■ **Problem statement**: Return each line below holding the string "filename".

■ **Dataset excerpts**:
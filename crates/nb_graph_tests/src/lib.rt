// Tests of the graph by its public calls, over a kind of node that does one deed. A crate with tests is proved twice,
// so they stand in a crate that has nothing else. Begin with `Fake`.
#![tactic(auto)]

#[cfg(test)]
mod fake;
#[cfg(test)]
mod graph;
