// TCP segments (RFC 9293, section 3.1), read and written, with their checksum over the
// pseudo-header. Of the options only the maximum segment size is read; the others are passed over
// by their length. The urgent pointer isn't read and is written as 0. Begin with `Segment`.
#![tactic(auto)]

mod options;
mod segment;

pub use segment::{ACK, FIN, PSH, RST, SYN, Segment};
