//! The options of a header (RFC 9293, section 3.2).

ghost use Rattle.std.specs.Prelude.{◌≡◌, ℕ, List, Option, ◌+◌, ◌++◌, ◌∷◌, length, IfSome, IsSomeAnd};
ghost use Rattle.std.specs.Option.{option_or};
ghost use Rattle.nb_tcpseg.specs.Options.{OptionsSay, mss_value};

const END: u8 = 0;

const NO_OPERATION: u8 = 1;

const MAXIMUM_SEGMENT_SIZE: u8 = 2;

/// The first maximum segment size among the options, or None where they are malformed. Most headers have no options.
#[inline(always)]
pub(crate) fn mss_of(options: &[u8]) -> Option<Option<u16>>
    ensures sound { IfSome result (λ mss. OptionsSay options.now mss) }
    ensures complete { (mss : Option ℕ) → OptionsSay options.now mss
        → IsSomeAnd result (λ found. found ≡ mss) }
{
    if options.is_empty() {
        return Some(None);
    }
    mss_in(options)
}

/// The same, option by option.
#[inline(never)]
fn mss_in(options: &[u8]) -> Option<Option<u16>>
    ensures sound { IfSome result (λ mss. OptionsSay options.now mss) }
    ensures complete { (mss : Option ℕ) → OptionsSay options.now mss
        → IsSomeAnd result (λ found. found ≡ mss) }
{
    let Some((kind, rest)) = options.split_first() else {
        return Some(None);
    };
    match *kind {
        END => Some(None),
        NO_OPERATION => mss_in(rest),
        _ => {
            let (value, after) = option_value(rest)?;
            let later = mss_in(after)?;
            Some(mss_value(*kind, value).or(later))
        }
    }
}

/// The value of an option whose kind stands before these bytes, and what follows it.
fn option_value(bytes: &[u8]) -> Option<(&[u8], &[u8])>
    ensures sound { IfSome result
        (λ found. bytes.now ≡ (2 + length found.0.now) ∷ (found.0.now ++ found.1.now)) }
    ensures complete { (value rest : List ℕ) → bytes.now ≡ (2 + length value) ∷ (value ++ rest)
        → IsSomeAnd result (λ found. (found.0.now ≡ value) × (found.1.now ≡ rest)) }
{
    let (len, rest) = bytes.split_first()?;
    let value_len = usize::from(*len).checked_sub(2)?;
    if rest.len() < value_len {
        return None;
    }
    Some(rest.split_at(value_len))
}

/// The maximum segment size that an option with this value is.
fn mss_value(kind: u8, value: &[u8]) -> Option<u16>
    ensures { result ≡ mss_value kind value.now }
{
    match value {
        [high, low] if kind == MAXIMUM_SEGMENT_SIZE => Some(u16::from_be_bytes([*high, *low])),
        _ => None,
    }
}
---
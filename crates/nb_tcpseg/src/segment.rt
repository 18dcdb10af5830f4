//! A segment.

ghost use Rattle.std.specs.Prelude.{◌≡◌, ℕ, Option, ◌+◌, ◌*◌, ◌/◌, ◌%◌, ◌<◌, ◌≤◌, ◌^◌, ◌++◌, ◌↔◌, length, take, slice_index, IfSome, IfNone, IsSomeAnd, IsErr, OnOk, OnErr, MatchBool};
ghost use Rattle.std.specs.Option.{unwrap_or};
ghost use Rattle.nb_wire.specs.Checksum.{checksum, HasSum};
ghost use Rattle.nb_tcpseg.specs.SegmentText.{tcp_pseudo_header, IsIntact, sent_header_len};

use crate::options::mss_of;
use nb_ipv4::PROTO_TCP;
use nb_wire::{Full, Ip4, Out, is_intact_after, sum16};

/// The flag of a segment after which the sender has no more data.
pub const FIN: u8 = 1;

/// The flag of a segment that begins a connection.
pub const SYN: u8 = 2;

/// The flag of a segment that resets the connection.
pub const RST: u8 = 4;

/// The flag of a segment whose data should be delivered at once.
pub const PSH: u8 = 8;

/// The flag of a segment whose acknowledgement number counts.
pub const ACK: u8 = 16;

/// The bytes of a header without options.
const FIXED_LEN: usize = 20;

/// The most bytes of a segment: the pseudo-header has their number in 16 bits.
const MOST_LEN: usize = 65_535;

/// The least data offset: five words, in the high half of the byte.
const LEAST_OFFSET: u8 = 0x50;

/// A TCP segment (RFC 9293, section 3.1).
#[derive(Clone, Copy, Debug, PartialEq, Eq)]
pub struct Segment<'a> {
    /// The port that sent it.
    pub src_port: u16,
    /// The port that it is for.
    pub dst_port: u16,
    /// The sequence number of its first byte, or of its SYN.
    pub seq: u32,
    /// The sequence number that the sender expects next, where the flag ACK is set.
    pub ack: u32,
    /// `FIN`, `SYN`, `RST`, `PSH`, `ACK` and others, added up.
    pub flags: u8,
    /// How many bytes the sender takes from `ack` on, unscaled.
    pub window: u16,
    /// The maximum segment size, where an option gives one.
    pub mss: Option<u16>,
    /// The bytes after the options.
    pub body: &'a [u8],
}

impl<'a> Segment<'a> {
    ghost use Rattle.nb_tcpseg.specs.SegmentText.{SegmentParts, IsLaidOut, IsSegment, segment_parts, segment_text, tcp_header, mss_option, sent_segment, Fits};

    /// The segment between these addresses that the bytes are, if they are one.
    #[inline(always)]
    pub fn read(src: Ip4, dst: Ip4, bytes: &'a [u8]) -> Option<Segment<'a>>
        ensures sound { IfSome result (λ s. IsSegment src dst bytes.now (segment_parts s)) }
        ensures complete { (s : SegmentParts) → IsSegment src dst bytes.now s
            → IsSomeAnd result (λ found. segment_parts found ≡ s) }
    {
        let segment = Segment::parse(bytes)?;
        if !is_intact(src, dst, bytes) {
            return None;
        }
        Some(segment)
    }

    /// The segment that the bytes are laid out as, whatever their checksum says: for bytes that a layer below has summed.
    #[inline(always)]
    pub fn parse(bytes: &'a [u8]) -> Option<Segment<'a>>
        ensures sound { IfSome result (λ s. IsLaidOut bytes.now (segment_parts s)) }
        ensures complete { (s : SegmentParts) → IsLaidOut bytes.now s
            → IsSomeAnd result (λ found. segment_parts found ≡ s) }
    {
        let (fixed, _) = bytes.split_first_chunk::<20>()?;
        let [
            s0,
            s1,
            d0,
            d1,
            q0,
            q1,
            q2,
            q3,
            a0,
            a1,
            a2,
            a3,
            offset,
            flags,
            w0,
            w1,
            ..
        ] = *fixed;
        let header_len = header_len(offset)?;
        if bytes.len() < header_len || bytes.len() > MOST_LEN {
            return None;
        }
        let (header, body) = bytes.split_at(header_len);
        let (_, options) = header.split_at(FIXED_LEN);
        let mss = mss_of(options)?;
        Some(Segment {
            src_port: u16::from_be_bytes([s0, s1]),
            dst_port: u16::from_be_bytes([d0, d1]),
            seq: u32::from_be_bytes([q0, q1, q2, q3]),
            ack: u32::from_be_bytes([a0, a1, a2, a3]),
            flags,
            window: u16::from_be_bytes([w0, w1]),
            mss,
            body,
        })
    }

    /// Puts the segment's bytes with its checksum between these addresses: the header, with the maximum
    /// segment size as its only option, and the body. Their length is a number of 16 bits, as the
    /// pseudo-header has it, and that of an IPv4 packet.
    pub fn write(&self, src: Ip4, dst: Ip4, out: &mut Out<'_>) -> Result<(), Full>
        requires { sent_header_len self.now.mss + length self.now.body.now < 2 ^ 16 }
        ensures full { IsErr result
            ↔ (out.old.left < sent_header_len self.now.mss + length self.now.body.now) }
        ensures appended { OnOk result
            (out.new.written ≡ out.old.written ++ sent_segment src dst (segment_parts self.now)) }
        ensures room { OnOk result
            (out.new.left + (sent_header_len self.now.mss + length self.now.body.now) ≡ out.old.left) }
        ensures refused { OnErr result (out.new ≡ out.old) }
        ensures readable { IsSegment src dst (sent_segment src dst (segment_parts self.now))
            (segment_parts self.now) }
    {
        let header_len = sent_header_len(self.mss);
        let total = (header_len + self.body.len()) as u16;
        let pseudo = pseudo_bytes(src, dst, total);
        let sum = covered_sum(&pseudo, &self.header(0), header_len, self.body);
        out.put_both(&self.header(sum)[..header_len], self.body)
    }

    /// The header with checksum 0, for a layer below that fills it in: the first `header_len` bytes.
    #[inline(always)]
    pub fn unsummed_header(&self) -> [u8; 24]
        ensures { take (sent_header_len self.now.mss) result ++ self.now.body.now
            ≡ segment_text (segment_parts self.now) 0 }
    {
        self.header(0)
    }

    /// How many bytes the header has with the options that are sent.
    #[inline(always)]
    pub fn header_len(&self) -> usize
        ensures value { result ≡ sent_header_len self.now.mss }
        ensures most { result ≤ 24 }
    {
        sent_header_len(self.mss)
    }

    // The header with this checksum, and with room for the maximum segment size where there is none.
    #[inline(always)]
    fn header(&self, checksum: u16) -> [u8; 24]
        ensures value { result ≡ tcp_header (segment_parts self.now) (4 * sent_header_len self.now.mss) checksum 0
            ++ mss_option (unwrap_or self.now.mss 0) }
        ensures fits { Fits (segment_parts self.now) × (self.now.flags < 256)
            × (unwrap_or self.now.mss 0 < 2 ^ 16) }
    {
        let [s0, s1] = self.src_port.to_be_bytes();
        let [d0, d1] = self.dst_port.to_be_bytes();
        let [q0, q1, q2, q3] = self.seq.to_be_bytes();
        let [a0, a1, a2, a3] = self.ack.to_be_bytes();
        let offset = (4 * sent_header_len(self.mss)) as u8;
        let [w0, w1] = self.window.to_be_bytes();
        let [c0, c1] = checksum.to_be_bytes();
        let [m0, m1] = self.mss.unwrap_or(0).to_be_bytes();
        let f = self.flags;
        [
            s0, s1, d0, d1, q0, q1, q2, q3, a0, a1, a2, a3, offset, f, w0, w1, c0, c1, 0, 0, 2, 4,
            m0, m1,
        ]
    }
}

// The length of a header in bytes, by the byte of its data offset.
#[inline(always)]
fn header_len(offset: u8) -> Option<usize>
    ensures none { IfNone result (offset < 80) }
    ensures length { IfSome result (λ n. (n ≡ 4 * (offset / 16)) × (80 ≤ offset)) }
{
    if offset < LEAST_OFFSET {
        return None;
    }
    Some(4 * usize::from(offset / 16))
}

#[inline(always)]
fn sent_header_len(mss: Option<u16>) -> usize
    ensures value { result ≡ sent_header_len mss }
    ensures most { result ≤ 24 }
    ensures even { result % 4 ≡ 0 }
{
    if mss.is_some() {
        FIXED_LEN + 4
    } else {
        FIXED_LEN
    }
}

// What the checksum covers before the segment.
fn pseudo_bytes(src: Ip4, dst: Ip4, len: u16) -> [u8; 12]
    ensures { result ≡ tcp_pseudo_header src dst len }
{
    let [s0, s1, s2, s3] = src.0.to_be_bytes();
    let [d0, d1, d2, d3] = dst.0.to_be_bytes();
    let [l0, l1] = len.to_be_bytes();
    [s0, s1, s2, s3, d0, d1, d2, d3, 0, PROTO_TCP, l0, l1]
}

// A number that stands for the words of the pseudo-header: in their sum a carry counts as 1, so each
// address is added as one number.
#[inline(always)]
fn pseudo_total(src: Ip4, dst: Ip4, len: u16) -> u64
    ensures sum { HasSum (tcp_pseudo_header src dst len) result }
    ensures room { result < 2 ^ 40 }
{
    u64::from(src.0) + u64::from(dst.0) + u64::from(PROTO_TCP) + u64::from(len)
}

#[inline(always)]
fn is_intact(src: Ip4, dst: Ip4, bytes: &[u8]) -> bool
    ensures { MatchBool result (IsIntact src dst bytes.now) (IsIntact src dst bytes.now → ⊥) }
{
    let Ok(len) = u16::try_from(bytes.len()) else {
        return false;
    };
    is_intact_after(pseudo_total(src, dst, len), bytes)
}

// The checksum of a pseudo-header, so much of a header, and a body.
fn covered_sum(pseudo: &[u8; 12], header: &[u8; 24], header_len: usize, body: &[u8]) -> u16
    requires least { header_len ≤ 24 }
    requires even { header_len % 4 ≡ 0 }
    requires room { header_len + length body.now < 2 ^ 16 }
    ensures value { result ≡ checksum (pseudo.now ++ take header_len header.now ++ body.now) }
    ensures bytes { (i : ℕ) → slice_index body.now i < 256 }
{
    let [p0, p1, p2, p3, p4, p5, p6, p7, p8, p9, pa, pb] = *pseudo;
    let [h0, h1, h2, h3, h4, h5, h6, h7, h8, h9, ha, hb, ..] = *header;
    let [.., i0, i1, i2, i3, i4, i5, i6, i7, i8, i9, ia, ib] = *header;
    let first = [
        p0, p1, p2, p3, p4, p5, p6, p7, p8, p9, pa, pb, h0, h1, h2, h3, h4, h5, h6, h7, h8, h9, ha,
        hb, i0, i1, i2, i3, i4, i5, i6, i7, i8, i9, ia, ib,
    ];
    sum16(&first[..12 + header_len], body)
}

■ **Result of the exercise**:
filename crates/nb_graph_tests/src/lib.rt
filename crates/nb_tcpseg/src/segment.rt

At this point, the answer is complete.